Mr. Bourdain had traveled to Strasbourg in France, near the country’s border with Germany, with a television production crew to record an episode of his show “Parts Unknown” on CNN, the network said. “It is with extraordinary sadness we can confirm the death of our friend and colleague,” CNN said in a statement.

(…)

For decades, he worked 13-hour days as a line cook in restaurants in New York and the Northeast before he became executive chef in the 1990s at Brasserie Les Halles in Manhattan, serving steak frites and onion soup. He had been an executive chef for eight years when he sent an unsolicited article to The New Yorker about the dark side of the restaurant world and its deceptions.
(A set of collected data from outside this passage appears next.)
/// A row's words: what is done, and with what. A word that is not there is empty.
#[derive(Clone, Copy)]
pub(crate) struct Row<'a> {
    pub(crate) verb: &'a str,
    pub(crate) words: [&'a str; 6],
}

/// Takes a row apart.
pub(crate) fn row_of(line: &str) -> Row<'_> {
    let mut parts = line.split_whitespace();
    let verb = parts.next().unwrap_or("");
    let mut words = [""; 6];
    for place in 0..6 {
        words[place] = parts.next().unwrap_or("");
    }
    Row { verb, words }
}

/// The number that a word tells, 0 where it tells none.
pub(crate) fn number(word: &str) -> u64 {
    word.parse::<u64>().unwrap_or(0)
}
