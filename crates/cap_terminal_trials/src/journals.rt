// Journals in memory, entry by entry.
use crate::fault::Fault;
use cap_base::{Account, Amount, Ident};
use cap_entries::{TermEntry, TermSetup};
use cap_journal::{Journal, VecJournal};
use std::alloc::Global;

/// The set-up of terminal T1 with host ACQ1.
pub(crate) fn setup(max: u64, floor: u64) -> Option<TermEntry> {
    let terminal = Ident::read(b"T1")?;
    let host = Ident::read(b"ACQ1")?;
    let settings = TermSetup::new(terminal, host, max, floor)?;
    Some(TermEntry::Setup(settings))
}

/// The sum and the account of a sale.
pub(crate) fn card(hundredths: u64) -> Option<(Amount, Account)> {
    let amount = Amount::new(hundredths)?;
    let account = Account::read(b"4000001234567899")?;
    Some((amount, account))
}

/// The beginning of a sale.
pub(crate) fn begin(n: u64, hundredths: u64) -> Option<TermEntry> {
    let (amount, account) = card(hundredths)?;
    Some(TermEntry::Begin { n, amount, account })
}

/// Adds an entry where it fits its record, and tells whether it does.
#[tactic(auto, using(crate::proofs::Room::one_row))]
pub(crate) fn add(
    journal: &mut VecJournal<TermEntry>,
    entry: Option<TermEntry>,
) -> Result<bool, Fault> {
    let Some(entry) = entry else {
        return Ok(false);
    };
    if !entry.fits_record() {
        return Ok(false);
    }
    journal.reserve_rows()?;
    match journal.append(entry) {
        Ok(()) => Ok(true),
        Err(_) => Err(Fault::Journal),
    }
}

/// Copies a journal's entries.
pub(crate) fn entries_in(
    alloc: Global,
    journal: &mut VecJournal<TermEntry>,
) -> Result<Vec<TermEntry>, Fault> {
    let mut entries = Vec::new(alloc);
    for i in 0..journal.count() {
        if i < journal.count() {
            match journal.entry(i) {
                Ok(entry) => entries.push(entry)?,
                Err(_) => return Err(Fault::Journal),
            }
        }
    }
    Ok(entries)
}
To his surprise, the magazine accepted it and ran it — catching the attention of book editors. It resulted in “Kitchen Confidential: Adventures in the Culinary Underbelly,” a memoir that elevated Mr. Bourdain to a celebrity chef and a new career on TV.

“Do we really want to travel in hermetically sealed popemobiles through the rural provinces of France, Mexico and the Far East, eating only in Hard Rock Cafes and McDonalds?” Mr. Bourdain wrote in the memoir. “Or do we want to eat without fear, tearing into the local stew, the humble taqueria’s mystery meat, the sincerely offered gift of a lightly grilled fish head? I know what I want. I want it all. I want to try everything once.”

(…)

“Kitchen Confidential” has sold over a million copies in paperback and remains the defining memoir in the field. “His prose voice was instant and unmistakable,” said Dan Halpern, the HarperCollins editor who became Mr. Bourdain’s friend, fellow eater and literary collaborator. “You can read out any sentence and know instantly who wrote it.”

In 2011, Mr. Bourdain, an omnivorous reader, began his own publishing imprint at HarperCollins, editing books by the chefs Roy Choi, Wylie Dufresne and Danny Bowien that were as unconventional as his own.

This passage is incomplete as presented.